The politics of indigenous people are shaped to their circumstances like being threatened by destructive coal mining or oil pipelines or flooding for dams — which has become military in the Canadian far northwest. The clearance of the prairies — quite parallel to the clearance of the British peasants in order to raise sheep — was recent enough for troves of correspondence to still exist, waiting to be organized and sometimes to be translated. The Jesuits alone generated whole libraries of material back to Rome, the headquarters of bureaucracy. Hudson’s Bay has now opened their archives. Few writers are determined enough to take on this material, but they are vital books.

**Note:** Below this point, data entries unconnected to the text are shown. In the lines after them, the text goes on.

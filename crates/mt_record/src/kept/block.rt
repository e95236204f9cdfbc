//! Byte strings in one buffer.
ghost use Rattle.std.specs.Prelude.{◌≡◌, ◌<◌, ◌≤◌, ◌++◌, [], ◌∷◌, List, ℕ, OnOk, OnErr, IfOk, length, slice_index_or};
ghost use Rattle.mt_record.specs.Steps.ByteStrings.{start_at};

use crate::encode::put::put_bytes;
use crate::kept::ends::Ends;
use mt_words::Memory;
use std::alloc::Global;
use std::marker::Model;

/// A list of byte strings, here called texts. They lie one after another in one buffer.
#[derive(Debug, Drop)]
pub(crate) struct Block {
    bytes: Vec<u8>,
    ends: Ends,
}

impl Model for Block {
    ghost use Rattle.std.specs.Prelude.{List, ℕ, length};
    ghost use Rattle.mt_record.specs.Steps.ByteStrings.{texts_from, AreEnds};

    ghost Value = { List (List ℕ) };

    ghost view = { λ t. texts_from 0 t.bytes.items t.ends };

    ghost invariant = { λ t. AreEnds 0 (length t.bytes.items) t.ends };
}

impl Block {
    /// Creates an empty list.
    pub(crate) fn new(alloc: Global) -> Block
        ensures { result ≡ [] }
    {
        Block {
            bytes: Vec::new(alloc),
            ends: Ends::new(alloc),
        }
    }

    /// Creates an empty list with room for `texts` texts of `bytes` bytes in all. Err: out of memory.
    pub(crate) fn with_capacity(alloc: Global, texts: usize, bytes: usize) -> Result<Block, Memory>
        ensures { IfOk result (λ texts. texts ≡ []) }
    {
        Ok(Block {
            bytes: Vec::with_capacity(alloc, bytes)?,
            ends: Ends::with_capacity(alloc, texts)?,
        })
    }

    /// Creates an empty list with room for as many texts, and for their bytes and a thirty-second more. Err: out of
    /// memory.
    pub(crate) fn next(&self) -> Result<Block, Memory>
        ensures { IfOk result (λ texts. texts ≡ []) }
    {
        let bytes = self.bytes.len();
        Block::with_capacity(*self.bytes.allocator(), self.len(), bytes + bytes / 32)
    }

    /// Removes all texts.
    pub(crate) fn clear(&mut self)
        ensures { self.new ≡ [] }
    {
        self.bytes.clear();
        self.ends.clear();
    }

    /// Removes the last text.
    pub(crate) fn drop_last(&mut self)
        requires { 0 < length self.old }
        ensures { (last : List ℕ) × (self.old ≡ self.new ++ last ∷ []) }
    {
        self.ends.drop_last();
        let size = start_of(&self.ends, self.ends.len());
        self.bytes.truncate(size);
    }

    /// Returns the number of texts.
    pub(crate) fn len(&self) -> usize
        ensures { result ≡ length self.now }
    {
        self.ends.len()
    }

    /// Returns the text at this place.
    pub(crate) fn get(&self, at: usize) -> &[u8]
        requires { at < length self.now }
        ensures { (d : List ℕ) → result.now ≡ slice_index_or self.now at d }
    {
        let start = start_of(&self.ends, at);
        let end = self.ends.get(at);
        &self.bytes[start..end]
    }

    /// Appends a text. Err: out of memory; nothing is appended.
    // Each record of a log passes through here when it is scanned. Without inlining, the calls alone are a thirtieth of all
    // instructions.
    #[inline(always)]
    pub(crate) fn push(&mut self, text: &[u8]) -> Result<(), Memory>
        ensures ok { OnOk result (self.new ≡ self.old ++ text.now ∷ []) }
        ensures err { OnErr result (self.new ≡ self.old) }
    {
        // A text is appended completely or not at all, so its room is reserved first.
        self.bytes.reserve(text.len())?;
        self.ends.push(self.bytes.len() + text.len())?;
        put_bytes(text, &mut self.bytes);
        Ok(())
    }

    /// Appends one text that is given as its front and its rest. Err: out of memory; nothing is appended.
    pub(crate) fn push_joined(&mut self, front: &[u8], rest: &[u8]) -> Result<(), Memory>
        ensures ok { OnOk result (self.new ≡ self.old ++ (front.now ++ rest.now) ∷ []) }
        ensures err { OnErr result (self.new ≡ self.old) }
    {
        let size = front.len() + rest.len();
        self.bytes.reserve(size)?;
        self.ends.push(self.bytes.len() + size)?;
        put_bytes(front, &mut self.bytes);
        put_bytes(rest, &mut self.bytes);
        Ok(())
    }
}

/// Returns where the text at this place starts.
fn start_of(ends: &Ends, at: usize) -> usize
    requires { at ≤ length ends.now }
    ensures { result ≡ start_at 0 ends.now at }
{
    if at == 0 {
        return 0;
    }
    ends.get(at - 1)
}
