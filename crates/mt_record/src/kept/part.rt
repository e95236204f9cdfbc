//! Entries of a checkpoint, kept as bodies.
ghost use Rattle.std.specs.Prelude.{◌≡◌, ◌↔◌, ◌<◌, ◌++◌, [], ◌∷◌, length, map, slice_index_or, IsTrue};
ghost use Rattle.mt_words.specs.declared.record.Change.{Change};
ghost use Rattle.mt_words.specs.declared.update.Origin.TheVariants as origins;
ghost use Rattle.mt_words.specs.Slices.{slice_in};
ghost use Rattle.mt_words.specs.Words.{AreRising};
ghost use Rattle.mt_words.specs.Updates.{update_at};

use crate::body::lent::Lent;
use crate::body::{fields_of, spelled};
use crate::kept::Entries;
use crate::kept::byte_strings::ByteStrings;
use crate::key_order::is_below_by;
use mt_words::{Code, Memory, Origin, slice_of};
use std::alloc::Global;
use std::marker::Model;

/// The bytes before the fields in the body of an entry: the code `Whole` and a timestamp of 0.
const BEFORE_FIELDS: &[u8] = &[Code::Whole as u8, 0, 0, 0, 0, 0, 0, 0, 0];

/// Entries of a checkpoint, kept as bodies. They are encoded like bodies of records, with the code `Whole`, so they can
/// be read as updates.
#[derive(Debug, Drop)]
pub struct KeptEntries {
    bodies: ByteStrings,
    /// Whether the keys strictly rise.
    rising: bool,
    /// The slice of the last key, if there is one.
    last: u64,
}

impl Model for KeptEntries {
    ghost use Rattle.std.specs.Prelude.{List, map};
    ghost use Rattle.mt_words.specs.declared.record.Change.{Change};
    ghost use Rattle.mt_record.specs.Decoding.{change_in};
    ghost use Rattle.mt_record.specs.Steps.Kept.{AreKeptEntries};

    ghost Value = { List Change };

    ghost view = { λ e. map change_in e.bodies };

    ghost invariant = { λ e. AreKeptEntries e.bodies e.rising e.last };
}

impl KeptEntries {
    /// Creates an empty list of entries.
    pub(crate) fn new(alloc: Global) -> KeptEntries
        ensures { result ≡ [] }
    {
        KeptEntries {
            bodies: ByteStrings::new(alloc),
            rising: true,
            last: 0,
        }
    }

    /// Returns the number of entries.
    pub fn len(&self) -> usize
        ensures { result ≡ length self.now }
    {
        self.bodies.len()
    }

    /// Returns the update of the entry of this number.
    pub fn update(&self, number: usize) -> Lent<'_>
        requires { number < length self.now }
        ensures { (d : Change) → result ≡ update_at origins.Checkpoint 0 (slice_index_or self.now number d) }
    {
        Lent::of(Origin::Checkpoint, self.bodies.get(number))
    }

    /// Returns the key of the entry of this number.
    pub fn key(&self, number: usize) -> &[u8]
        requires { number < length self.now }
        ensures { (d : Change) → result.now ≡ (slice_index_or self.now number d).key }
    {
        spelled::change(self.bodies.get(number)).key
    }

    /// Returns whether the keys strictly rise.
    pub fn is_rising(&self) -> bool
        ensures { IsTrue result ↔ AreRising (map (λ entry. entry.key) self.now) }
    {
        self.rising
    }

    /// Returns whether the keys strictly rise, with this one after them, whose slice is `head`.
    fn is_rising_to(&self, key: &[u8], head: u64) -> bool
        requires { head ≡ slice_in key.now }
        ensures { IsTrue result ↔ AreRising (map (λ entry. entry.key) self.now ++ key.now ∷ []) }
    {
        if !self.rising {
            return false;
        }
        // Most keys are above the last one by their slices alone.
        if self.last < head {
            return true;
        }
        let count = self.len();
        count == 0 || is_below_by(self.key(count - 1), self.last, key, head)
    }
}

impl Entries for KeptEntries {
    ghost listed = { λ entries. entries };

    fn put_entry(&mut self, fields: &[u8]) -> Result<(), Memory> {
        let key = fields_of(fields).key;
        let head = slice_of(key);
        let rising = self.is_rising_to(key, head);
        self.bodies.push_joined(BEFORE_FIELDS, fields)?;
        self.rising = rising;
        self.last = head;
        Ok(())
    }

    fn count(&self) -> usize {
        self.len()
    }
}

In my own writing of occasional short stories with Blackfeet in them, I try to include dogs because what is a Blackfeet without a dog? Avoiding romantic or social indignation stories, I’ve tried to compose simple little near-vignettes about things I saw in passing. The one truly violent and bloody tale I wrote was in response to the rejection of a story that a publisher considered inappropriate for family reading because it had sex in it. I suggested that he was against sex but didn’t object to gory violence kids might read, and I was right — he published the story. (The French are the opposite — they don’t object to nudity, et al, but are wary of showing grisly crime in action.)
Spread over time, indigenous people become increasingly different from each other and more like a host of others. Then it is a challenge for them to relate to each other. Some have always been “hang around the fort” people who assimilate with whites but try to keep their cultural label. Now there are “hang around the book” people who have become lawyers, ace bureaucrats, and crafty wielders of deconstruction. Many sacred objects were destroyed by tribal Christian converts. Many more were saved by whites looking for profit or as signs of prestige.
These days I rarely read or write indigenous fiction. Maybe I’ll write a story about the dilemmas of a person who lives on the rez, knows many of the people of various kinds, honors the past but doesn’t hinder the future. But such a book wouldn’t sell. Who would read it? Books are supposed to arouse people. The more natural format for writing about a subset of the stubborn public idea like “Indians” is a blog, a kind of journal linked to other material that might or might not be be fiction or science fiction.
What do you suppose is the story of the girl from the wall paper image above, the one with all the cubs? Who could write it? A Blackfeet helper on a wolf refuge? Or an impossible Indian princess raised in part by wolves? In the Sixties my students would choose the second, but they would end it, “Then I woke up and . . .” Today they could continue with “the wolf mother had a dream.”